- [What you have to do]:
Provide only the number of lines below that hold "concat".

- [Source information]:
- - -

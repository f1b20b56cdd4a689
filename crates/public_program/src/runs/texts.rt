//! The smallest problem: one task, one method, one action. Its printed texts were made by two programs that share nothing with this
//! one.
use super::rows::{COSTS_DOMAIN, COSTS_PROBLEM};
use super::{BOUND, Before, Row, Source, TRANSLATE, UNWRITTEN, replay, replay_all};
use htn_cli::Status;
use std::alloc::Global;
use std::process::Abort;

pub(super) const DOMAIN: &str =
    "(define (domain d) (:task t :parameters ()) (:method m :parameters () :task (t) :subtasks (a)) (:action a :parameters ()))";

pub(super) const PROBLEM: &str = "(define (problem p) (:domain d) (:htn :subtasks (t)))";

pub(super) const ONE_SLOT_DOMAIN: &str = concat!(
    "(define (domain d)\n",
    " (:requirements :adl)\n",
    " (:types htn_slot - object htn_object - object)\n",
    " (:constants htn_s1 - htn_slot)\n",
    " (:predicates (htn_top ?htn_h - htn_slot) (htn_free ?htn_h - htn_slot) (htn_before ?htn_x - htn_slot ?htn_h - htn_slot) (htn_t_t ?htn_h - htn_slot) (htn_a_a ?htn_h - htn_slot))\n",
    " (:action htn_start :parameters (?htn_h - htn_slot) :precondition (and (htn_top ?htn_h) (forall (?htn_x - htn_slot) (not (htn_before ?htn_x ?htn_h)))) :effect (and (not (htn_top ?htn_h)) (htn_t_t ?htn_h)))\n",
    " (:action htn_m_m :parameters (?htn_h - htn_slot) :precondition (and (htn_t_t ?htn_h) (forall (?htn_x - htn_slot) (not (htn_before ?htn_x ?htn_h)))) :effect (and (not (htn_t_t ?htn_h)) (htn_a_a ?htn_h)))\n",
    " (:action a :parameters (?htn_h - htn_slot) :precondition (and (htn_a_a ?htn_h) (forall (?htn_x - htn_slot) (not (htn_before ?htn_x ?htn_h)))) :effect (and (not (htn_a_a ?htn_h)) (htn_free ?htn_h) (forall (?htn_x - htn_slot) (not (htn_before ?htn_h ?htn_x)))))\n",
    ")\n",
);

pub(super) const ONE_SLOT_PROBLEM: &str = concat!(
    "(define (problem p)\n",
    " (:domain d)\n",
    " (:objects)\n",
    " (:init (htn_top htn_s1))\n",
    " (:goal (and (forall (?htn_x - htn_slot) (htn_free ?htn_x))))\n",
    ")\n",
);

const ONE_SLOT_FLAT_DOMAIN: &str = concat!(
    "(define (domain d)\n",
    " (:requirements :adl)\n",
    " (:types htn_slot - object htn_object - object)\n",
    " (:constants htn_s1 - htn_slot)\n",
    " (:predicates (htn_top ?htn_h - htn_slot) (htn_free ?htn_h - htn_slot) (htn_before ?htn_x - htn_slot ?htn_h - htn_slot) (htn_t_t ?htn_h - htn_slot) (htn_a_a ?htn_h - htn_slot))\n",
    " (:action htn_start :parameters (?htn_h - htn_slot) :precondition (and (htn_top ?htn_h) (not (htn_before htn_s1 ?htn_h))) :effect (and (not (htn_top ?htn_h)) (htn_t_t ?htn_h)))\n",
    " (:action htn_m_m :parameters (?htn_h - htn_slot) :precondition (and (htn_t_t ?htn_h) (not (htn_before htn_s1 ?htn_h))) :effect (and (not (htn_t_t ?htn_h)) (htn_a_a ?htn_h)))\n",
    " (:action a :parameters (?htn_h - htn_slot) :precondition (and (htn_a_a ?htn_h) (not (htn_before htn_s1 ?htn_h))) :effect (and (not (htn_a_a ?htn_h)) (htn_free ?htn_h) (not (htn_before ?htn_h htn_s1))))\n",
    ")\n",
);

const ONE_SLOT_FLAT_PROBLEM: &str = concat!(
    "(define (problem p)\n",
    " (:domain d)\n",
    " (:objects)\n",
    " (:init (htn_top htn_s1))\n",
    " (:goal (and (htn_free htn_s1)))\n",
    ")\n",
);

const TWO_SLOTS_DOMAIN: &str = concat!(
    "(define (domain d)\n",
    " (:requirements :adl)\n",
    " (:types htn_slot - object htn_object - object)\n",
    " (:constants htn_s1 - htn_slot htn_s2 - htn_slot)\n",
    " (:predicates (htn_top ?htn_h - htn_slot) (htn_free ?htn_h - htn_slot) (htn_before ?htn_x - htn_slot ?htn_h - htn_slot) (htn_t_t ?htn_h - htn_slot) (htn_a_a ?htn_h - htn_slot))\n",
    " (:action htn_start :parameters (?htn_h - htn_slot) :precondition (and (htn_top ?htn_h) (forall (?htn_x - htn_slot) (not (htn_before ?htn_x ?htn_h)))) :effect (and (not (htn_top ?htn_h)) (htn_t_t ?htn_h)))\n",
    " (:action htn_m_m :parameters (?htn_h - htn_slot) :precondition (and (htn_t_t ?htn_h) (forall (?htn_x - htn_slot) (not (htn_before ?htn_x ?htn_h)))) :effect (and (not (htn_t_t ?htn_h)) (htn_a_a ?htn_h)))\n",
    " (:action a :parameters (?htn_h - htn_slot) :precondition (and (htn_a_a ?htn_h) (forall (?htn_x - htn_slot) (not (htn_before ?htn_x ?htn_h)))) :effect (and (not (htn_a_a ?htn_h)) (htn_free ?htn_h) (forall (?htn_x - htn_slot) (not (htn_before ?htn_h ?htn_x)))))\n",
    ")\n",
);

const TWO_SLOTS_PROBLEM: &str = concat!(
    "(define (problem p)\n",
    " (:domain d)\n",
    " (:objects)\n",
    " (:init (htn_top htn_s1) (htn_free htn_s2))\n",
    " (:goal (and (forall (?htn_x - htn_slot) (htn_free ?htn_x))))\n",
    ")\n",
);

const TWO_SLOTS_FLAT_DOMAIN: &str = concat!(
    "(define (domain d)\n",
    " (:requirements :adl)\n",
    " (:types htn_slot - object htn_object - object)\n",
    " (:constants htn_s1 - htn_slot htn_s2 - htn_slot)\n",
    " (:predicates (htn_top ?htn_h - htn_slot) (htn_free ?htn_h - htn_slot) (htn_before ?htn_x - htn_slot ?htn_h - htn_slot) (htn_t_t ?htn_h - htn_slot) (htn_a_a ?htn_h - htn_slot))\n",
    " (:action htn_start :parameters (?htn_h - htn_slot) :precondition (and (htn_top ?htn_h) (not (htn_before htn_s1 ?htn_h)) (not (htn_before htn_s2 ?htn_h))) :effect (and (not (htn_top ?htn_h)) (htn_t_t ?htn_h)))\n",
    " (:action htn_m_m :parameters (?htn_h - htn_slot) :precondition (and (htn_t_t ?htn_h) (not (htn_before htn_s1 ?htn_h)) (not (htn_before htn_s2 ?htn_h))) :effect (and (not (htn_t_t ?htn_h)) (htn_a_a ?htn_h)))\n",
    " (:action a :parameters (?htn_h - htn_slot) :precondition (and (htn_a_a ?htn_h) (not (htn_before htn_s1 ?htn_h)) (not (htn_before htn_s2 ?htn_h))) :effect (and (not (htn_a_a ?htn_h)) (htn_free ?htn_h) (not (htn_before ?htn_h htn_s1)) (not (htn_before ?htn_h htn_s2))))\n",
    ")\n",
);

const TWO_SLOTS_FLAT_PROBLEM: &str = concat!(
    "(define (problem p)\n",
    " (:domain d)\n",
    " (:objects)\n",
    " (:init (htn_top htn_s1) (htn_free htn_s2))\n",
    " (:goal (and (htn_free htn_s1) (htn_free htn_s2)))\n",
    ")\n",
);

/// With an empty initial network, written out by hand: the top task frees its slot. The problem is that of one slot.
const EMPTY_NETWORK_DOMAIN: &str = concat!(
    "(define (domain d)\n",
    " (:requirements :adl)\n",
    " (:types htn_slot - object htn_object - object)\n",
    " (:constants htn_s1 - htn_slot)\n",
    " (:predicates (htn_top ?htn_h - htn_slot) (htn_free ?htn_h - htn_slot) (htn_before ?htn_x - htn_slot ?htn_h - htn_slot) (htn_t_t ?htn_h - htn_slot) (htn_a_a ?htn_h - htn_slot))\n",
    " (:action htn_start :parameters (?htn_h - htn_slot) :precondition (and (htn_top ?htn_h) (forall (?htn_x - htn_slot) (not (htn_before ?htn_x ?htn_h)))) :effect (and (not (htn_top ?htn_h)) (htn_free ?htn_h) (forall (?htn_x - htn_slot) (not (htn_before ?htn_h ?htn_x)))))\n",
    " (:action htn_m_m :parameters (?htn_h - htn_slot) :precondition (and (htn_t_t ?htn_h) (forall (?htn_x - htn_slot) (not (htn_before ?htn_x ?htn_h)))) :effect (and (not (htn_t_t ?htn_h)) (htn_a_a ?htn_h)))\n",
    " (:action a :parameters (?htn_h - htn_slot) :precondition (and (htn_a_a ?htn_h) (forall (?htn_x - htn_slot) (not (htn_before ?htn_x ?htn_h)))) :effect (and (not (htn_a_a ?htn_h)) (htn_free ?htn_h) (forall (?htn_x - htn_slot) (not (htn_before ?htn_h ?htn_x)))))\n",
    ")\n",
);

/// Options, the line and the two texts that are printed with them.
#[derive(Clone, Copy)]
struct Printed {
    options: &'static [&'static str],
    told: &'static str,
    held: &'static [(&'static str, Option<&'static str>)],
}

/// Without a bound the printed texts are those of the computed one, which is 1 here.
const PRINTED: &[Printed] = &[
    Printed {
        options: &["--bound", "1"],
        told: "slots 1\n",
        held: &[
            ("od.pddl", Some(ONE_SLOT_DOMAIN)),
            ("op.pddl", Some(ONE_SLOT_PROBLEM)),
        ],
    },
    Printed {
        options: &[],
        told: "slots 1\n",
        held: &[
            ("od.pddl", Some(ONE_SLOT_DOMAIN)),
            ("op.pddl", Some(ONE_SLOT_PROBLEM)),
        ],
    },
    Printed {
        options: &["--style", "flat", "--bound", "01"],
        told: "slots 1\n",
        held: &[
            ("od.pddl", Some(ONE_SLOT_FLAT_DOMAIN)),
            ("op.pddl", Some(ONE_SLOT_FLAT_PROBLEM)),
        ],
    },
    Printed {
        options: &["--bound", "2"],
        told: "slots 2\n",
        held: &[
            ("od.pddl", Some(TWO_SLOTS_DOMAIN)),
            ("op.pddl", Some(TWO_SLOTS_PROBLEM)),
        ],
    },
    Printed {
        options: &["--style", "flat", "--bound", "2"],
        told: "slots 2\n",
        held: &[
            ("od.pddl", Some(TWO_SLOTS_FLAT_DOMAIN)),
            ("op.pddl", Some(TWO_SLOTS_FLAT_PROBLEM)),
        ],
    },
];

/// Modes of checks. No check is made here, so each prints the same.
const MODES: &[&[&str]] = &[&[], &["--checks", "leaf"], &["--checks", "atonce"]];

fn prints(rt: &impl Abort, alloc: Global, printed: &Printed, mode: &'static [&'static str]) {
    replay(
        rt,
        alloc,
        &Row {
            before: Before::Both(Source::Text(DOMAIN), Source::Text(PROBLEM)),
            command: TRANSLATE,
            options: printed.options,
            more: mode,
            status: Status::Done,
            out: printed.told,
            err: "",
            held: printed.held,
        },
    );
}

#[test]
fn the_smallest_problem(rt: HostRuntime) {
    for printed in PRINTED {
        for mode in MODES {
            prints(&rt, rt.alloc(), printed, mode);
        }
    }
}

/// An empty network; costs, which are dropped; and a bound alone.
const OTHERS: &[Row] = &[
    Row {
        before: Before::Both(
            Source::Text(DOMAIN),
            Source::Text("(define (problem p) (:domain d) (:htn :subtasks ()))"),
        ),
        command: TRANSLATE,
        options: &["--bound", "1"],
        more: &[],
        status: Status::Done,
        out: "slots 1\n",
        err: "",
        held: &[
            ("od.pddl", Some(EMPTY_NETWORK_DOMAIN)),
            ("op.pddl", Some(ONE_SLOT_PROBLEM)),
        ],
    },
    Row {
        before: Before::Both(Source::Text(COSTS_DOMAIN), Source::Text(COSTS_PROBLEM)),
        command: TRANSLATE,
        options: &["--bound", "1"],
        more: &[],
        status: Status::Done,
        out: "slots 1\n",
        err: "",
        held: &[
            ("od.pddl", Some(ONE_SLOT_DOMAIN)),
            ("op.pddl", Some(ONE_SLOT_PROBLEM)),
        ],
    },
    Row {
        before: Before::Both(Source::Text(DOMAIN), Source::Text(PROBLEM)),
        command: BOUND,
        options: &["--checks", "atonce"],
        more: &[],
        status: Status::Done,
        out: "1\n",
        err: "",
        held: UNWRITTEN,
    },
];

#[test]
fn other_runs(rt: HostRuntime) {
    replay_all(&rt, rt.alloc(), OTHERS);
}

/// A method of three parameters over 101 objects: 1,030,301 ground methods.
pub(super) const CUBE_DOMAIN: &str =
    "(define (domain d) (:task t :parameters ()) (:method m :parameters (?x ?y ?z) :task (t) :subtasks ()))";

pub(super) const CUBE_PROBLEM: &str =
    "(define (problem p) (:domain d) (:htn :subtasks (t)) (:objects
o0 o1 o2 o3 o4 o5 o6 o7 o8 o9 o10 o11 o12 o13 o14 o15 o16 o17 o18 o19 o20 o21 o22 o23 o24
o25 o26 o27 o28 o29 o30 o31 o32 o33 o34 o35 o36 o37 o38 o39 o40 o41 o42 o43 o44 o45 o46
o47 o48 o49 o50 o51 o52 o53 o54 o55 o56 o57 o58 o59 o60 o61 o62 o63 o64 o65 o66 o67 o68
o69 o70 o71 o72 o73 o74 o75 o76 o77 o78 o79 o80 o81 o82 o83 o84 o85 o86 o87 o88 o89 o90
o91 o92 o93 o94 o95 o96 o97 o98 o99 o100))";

- - -

- [Answer section]:
9